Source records
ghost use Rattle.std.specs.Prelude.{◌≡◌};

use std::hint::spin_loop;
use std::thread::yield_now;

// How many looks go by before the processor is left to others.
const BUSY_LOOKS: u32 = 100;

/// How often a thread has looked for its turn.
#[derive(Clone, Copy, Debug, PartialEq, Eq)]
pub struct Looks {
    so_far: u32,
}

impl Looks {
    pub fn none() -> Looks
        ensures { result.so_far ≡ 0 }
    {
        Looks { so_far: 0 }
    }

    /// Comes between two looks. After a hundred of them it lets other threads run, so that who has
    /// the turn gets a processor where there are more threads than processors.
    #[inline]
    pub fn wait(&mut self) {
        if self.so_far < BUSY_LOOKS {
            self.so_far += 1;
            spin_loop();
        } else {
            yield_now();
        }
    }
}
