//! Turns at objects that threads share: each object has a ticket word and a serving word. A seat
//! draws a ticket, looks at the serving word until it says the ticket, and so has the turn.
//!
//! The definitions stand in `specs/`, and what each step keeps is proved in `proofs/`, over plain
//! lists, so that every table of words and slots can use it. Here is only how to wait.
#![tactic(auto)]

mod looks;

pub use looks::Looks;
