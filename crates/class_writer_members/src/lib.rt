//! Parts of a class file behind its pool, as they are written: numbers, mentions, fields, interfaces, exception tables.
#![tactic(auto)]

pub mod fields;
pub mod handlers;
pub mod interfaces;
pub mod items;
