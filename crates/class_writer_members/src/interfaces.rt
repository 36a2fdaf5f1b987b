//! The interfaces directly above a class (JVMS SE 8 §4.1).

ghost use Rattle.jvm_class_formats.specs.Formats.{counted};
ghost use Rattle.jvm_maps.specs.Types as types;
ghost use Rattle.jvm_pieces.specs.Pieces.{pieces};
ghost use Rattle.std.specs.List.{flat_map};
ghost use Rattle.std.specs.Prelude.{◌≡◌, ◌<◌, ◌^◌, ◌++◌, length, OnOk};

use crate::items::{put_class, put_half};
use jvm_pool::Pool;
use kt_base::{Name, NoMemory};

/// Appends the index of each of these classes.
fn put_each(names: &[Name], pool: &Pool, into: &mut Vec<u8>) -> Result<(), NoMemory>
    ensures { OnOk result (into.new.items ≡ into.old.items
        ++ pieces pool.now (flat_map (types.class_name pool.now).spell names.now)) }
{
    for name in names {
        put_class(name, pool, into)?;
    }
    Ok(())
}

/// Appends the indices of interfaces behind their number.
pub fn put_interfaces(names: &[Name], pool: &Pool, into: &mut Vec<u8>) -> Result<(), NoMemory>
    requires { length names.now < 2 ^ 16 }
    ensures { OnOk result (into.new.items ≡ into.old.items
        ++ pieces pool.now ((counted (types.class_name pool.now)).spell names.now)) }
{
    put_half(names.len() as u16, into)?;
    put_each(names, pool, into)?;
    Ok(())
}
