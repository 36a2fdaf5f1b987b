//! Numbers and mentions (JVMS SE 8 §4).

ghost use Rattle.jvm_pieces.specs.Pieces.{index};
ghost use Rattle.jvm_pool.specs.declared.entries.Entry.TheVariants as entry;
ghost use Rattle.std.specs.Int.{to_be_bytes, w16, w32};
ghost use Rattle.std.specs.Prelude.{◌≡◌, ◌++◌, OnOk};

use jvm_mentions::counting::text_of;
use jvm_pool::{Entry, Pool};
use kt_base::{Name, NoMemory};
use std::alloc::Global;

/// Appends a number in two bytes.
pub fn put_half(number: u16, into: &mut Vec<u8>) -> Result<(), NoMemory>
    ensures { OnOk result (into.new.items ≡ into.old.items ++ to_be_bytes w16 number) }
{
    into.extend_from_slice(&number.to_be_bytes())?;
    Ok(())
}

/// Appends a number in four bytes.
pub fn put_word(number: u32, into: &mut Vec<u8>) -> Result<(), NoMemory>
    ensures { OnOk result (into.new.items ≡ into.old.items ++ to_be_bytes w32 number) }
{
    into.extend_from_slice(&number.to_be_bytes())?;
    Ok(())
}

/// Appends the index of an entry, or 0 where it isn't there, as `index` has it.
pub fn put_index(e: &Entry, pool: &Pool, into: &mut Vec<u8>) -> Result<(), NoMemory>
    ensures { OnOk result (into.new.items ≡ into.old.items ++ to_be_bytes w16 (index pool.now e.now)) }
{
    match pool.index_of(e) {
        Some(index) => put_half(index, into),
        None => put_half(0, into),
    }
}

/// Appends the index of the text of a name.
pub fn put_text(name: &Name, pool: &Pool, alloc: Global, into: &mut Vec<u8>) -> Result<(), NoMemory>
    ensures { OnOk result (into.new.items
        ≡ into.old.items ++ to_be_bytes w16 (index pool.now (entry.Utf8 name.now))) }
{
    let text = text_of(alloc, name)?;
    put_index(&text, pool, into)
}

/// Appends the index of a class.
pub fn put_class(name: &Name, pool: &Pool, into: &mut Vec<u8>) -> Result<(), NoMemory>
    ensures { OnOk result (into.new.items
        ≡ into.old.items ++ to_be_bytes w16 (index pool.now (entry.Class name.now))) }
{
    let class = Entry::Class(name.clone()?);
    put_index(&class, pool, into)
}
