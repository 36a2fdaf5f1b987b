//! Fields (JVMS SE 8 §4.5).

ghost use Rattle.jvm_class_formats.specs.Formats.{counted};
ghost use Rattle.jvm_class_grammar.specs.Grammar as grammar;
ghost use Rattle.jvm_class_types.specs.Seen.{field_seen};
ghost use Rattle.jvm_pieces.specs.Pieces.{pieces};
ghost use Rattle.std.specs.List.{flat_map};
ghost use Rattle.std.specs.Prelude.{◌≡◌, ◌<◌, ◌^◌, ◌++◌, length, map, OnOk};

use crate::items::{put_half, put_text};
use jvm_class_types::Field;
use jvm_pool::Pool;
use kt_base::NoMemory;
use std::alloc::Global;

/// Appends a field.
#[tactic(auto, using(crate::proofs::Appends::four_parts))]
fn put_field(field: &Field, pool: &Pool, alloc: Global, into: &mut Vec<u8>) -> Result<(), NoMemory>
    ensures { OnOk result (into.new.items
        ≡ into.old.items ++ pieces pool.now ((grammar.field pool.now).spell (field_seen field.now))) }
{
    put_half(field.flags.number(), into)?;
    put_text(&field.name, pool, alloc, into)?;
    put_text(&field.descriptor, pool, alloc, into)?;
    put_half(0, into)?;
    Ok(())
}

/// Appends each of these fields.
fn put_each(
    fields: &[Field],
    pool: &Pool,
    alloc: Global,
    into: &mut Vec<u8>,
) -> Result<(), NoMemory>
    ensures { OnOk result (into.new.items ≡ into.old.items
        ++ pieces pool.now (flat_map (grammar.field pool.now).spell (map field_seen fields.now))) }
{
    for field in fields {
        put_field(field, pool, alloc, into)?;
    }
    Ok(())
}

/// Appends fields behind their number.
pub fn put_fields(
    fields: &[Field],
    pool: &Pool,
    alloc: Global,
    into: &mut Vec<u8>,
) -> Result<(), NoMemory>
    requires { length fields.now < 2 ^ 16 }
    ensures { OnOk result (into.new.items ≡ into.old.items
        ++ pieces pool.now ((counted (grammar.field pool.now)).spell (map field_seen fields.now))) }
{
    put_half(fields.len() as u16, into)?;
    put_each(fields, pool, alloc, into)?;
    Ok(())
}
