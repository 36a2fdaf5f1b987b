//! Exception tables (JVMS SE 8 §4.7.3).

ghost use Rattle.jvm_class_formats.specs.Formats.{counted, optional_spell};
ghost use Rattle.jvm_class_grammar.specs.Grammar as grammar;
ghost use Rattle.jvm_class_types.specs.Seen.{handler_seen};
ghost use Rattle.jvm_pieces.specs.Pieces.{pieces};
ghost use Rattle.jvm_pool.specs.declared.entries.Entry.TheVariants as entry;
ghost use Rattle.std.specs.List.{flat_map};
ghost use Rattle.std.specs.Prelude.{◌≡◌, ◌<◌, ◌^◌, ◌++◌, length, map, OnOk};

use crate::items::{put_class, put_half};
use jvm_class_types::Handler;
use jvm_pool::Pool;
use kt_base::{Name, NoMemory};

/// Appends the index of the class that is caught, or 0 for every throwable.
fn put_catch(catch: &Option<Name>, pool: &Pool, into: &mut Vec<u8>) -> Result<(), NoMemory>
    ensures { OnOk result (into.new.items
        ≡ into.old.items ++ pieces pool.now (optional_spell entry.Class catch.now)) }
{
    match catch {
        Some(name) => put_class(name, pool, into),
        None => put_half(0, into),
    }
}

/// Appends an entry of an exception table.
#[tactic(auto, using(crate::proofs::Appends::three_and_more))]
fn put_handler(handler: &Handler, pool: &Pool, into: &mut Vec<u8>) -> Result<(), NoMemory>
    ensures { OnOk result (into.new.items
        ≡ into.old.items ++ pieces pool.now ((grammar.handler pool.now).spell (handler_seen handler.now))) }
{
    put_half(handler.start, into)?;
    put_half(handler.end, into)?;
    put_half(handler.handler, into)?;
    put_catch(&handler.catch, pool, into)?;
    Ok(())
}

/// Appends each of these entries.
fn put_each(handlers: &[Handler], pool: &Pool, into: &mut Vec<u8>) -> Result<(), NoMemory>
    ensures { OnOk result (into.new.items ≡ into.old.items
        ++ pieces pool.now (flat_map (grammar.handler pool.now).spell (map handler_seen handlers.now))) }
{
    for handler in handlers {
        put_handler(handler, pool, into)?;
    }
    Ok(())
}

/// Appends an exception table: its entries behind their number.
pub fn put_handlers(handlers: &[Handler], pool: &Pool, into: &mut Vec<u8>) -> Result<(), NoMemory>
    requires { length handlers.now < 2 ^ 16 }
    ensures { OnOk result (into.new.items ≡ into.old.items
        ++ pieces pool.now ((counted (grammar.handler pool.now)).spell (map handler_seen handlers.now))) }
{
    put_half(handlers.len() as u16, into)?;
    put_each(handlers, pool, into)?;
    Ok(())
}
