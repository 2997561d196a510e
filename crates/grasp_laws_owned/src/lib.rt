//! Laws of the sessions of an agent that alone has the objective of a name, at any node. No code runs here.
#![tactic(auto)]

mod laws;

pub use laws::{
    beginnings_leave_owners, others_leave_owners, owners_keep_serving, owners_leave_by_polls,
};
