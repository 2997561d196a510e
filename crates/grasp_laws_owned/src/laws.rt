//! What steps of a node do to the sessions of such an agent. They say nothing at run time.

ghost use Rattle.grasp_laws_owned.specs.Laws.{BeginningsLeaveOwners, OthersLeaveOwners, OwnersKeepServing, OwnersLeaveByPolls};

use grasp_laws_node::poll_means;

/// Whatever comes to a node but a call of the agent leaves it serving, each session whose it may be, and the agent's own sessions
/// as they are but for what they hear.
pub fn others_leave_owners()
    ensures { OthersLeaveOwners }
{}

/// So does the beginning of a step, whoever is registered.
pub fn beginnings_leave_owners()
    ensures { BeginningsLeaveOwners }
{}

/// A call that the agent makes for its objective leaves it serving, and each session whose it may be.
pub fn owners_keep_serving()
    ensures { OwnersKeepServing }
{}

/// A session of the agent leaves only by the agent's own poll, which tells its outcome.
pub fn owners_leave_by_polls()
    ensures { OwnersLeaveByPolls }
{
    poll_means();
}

• [The problem] Once the line that contains "use grasp_laws_node::poll_means;" is found, please give it again exactly, along with each line that comes after it, through the last line of the entries.

• [Result for this task]
use grasp_laws_node::poll_means;

/// Whatever comes to a node but a call of the agent leaves it serving, each session whose it may be, and the agent's own sessions
/// as they are but for what they hear.
pub fn others_leave_owners()
    ensures { OthersLeaveOwners }
{}

/// So does the beginning of a step, whoever is registered.
pub fn beginnings_leave_owners()
    ensures { BeginningsLeaveOwners }
{}

/// A call that the agent makes for its objective leaves it serving, and each session whose it may be.
pub fn owners_keep_serving()
    ensures { OwnersKeepServing }
{}

/// A session of the agent leaves only by the agent's own poll, which tells its outcome.
pub fn owners_leave_by_polls()
    ensures { OwnersLeaveByPolls }
{
    poll_means();
}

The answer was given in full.